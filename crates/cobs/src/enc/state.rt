//! Encoding byte by byte: what the caller does to the buffer that it keeps.
ghost use Rattle.std.specs.Prelude.{◌≡◌, ◌^◌, ℕ, ◌+◌, ◌<◌, ◌↔◌, List, [], ◌∷◌, ◌++◌, length, slice_set, IsTrue};
ghost use Rattle.cobs.specs.Frames.{longest_frame};

use std::alloc::AllocError;

/// What the caller of an [`EncoderState`] does to its buffer.
///
/// Example: see [`EncoderState`].
#[derive(Clone, Copy, PartialEq, Debug)]
pub enum PushResult {
    /// Append the byte.
    AddSingle(u8),
    /// Set the byte at the index to the code, and append a placeholder.
    ModifyFromStartAndSkip((usize, u8)),
    /// Set the byte at the index to the code, append the byte and then a placeholder.
    ModifyFromStartAndPushAndSkip((usize, u8, u8)),
}

/// Encodes a message byte by byte, into a buffer that the caller keeps.
///
/// The buffer begins as one placeholder of any value. For each byte the caller does what `push` returns, and in the
/// end what `finalize` returns. Every index in these results is within the buffer.
///
/// The buffer is then the longest frame of what was pushed, since a placeholder follows a full block at once. It has
/// one block 01 more than the frame of `encode` if the message ends in a nonzero run whose length is a positive
/// multiple of 254.
///
/// # Example
/// ```rust
/// let mut state = EncoderState::default();
/// check(
///     &rt,
///     state.can_push() && state.push(10) == PushResult::AddSingle(10),
/// );
/// check(&rt, state.finalize() == (0, 2));
/// ```
#[derive(Drop)]
pub struct EncoderState {
    code_at: usize,
    code: u8,
    ghost begun: { 0 < code },
    ghost not_full: { code < 255 },
}

impl EncoderState {
    ghost use Rattle.cobs.specs.Kept.{applied, Keeps, SetsWithin, next_placeholder};

    /// Returns whether the index of the next placeholder is known to fit `usize`, which `push` requires.
    ///
    /// It is while the buffer has fewer than 2^64 - 255 bytes.
    pub fn can_push(&self) -> bool
        ensures fits { IsTrue result ↔ (next_placeholder self.now < 2 ^ 64) }
        ensures near { (buffer message : List ℕ) → Keeps self.now buffer message
            → next_placeholder self.now < length buffer + 255 }
    {
        self.code_at <= usize::MAX - 255
    }

    /// Takes the next byte of the message, and returns what to do to the buffer.
    ///
    /// # Requires
    /// `can_push` holds: the index of the next placeholder fits `usize`.
    pub fn push(&mut self, byte: u8) -> PushResult
        requires { next_placeholder self.old < 2 ^ 64 }
        ensures keeps { (placeholder : ℕ) (buffer message : List ℕ) → Keeps self.old buffer message
            → Keeps self.new (applied result placeholder buffer) (message ++ byte ∷ []) }
        ensures within { (buffer message : List ℕ) → Keeps self.old buffer message
            → SetsWithin result buffer }
    {
        let code_at = self.code_at;
        let code = self.code;
        if byte == 0 {
            self.code_at = code_at + code as usize;
            self.code = 1;
            return PushResult::ModifyFromStartAndSkip((code_at, code));
        }
        if code == 254 {
            self.code_at = code_at + 255;
            self.code = 1;
            return PushResult::ModifyFromStartAndPushAndSkip((code_at, 255, byte));
        }
        self.code = code + 1;
        PushResult::AddSingle(byte)
    }

    /// Ends the message, and returns an index and the code to set there. The buffer is then the frame.
    pub fn finalize(self) -> (usize, u8)
        ensures frame { (buffer message : List ℕ) → Keeps self buffer message
            → slice_set buffer result.0 result.1 ≡ longest_frame message }
        ensures within { (buffer message : List ℕ) → Keeps self buffer message
            → result.0 < length buffer }
    {
        (self.code_at, self.code)
    }
}

/// A state to which nothing was pushed. Its buffer is one placeholder.
impl Default for EncoderState {
    ghost use Rattle.cobs.specs.Kept.{Keeps};

    ghost is_default = { λ state. (placeholder : ℕ) → Keeps state (placeholder ∷ []) [] };

    fn default() -> EncoderState {
        EncoderState {
            code_at: 0,
            code: 1,
        }
    }
}

/// The same state, for a copy of the buffer. It allocates nothing and is never an error.
impl Clone for EncoderState {
    ghost is_clone = { λ x y. y ≡ x };

    ghost is_infallible = { λ _. Unit {0} };

    fn clone(&self) -> Result<EncoderState, AllocError> {
        Ok(EncoderState {
            code_at: self.code_at,
            code: self.code,
        })
    }
}
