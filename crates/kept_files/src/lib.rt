//! Laws of a station whose line stands on files, on one thread and at a desk: what a power cut leaves in them, and what a complete recovery does.
//!
//! Each function's contract is a law, and its body does nothing.
#![tactic(auto)]

mod desk;
mod laws;

pub use desk::{
    a_cut_at_a_desk_is_kept, a_cut_leaves_kept_parts, a_cut_of_the_journal,
    a_cut_of_the_slave_images, a_part_has_its_file,
};
pub use laws::{
    a_cut_leaves_kept_files, a_recovery_leaves_the_contents, a_site_has_files,
    a_site_keeps_its_files, a_station_keeps_its_files,
};
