ghost use Rattle.kept_files.specs.KeptFiles.{SiteHasFiles, CutLeavesKept, SiteKeepsOn, SiteKeepsServing, RecoveryLeavesContents};

/// The files behind a site: all that was asked of them since they held the state in which the site began, and what that makes of them.
pub fn a_site_has_files<F>()
    ensures { SiteHasFiles F }
{}

/// What a station keeps throughout its calls, it keeps of the files behind its site.
///
/// Let all that a power cut could leave of the site be kept for a machine before the calls, and stay so at each moment of them, as `Alone::open`
/// and `recover` of `station_alone` say. Then what a power cut leaves in the files at any moment, all of them together, is kept for this machine:
/// the journal that is left can be redone, and redo gives the contents after a prefix of the commands, with every acknowledged one in it.
pub fn a_cut_leaves_kept_files()
    ensures { CutLeavesKept }
{}

/// The same from a site's first call on, with what the files hold now: the state of the site, if no call on them has failed and it goes on.
pub fn a_site_keeps_its_files<F>()
    ensures { SiteKeepsOn F }
{}

/// The same of a station that was opened on the way and then accepted commands: what a power cut leaves in the files is kept for the machine, or
/// for the session that began with that open, with a prefix of these commands accepted.
pub fn a_station_keeps_its_files<F>()
    ensures { SiteKeepsServing F }
{}

/// A recovery that is complete has left the contents in the files: each slave's image has the words with which the session began, all of them
/// synced, if no call on a file has failed and the site goes on.
pub fn a_recovery_leaves_the_contents()
    ensures { RecoveryLeavesContents }
{}
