ghost use Rattle.kept_files.specs.Cuts.{CutIsKept, JournalIsCut, ImageIsCut};
ghost use Rattle.kept_files.specs.DeskFiles.{PartHasItsFile, CutLeavesKeptParts};

/// At any moment of a desk's history a power cut leaves a recoverable state, wherever each device is in the job that is out for it.
///
/// The desk was made of a book that had just been opened on the line. Of the calls of the book until the cut, the jobs that they handed out and that
/// have returned are done, and the one that is out for a device, if there is one, is in progress. Recoverable means: redo of the live journal
/// that is left gives the contents after a prefix of the accepted commands, with every durable one in it.
pub fn a_cut_at_a_desk_is_kept()
    ensures { CutIsKept }
{}

/// The journal's file behind the site of the disk's thread: what a power cut leaves in it, in a call of the action that is out or between two
/// actions, it may have left of the disk while this action is in progress.
pub fn a_cut_of_the_journal<F>()
    ensures { JournalIsCut F }
{}

/// The same of a slave's image file behind the site of its thread, and of the slave's half.
pub fn a_cut_of_the_slave_images<F>()
    ensures { ImageIsCut F }
{}

/// The file of a part of a desk: if it held the part as the device's log began, it has followed the part's site from there on.
pub fn a_part_has_its_file<F>()
    ensures { PartHasItsFile F }
{}

/// At any moment of a desk's history a power cut leaves a recoverable state in the files, all of them together, each by the log of its own part's
/// device, wherever that is in its job.
pub fn a_cut_leaves_kept_parts<F, S>()
    ensures { CutLeavesKeptParts F S }
{}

----------------

### Required action
Copy out each line of the records where the word "calls" appears.

### Result of this exercise
/// What a station keeps throughout its calls, it keeps of the files behind its site.
/// Let all that a power cut could leave of the site be kept for a machine before the calls, and stay so at each moment of them, as `Alone::open`
/// The desk was made of a book that had just been opened on the line. Of the calls of the book until the cut, the jobs that they handed out and that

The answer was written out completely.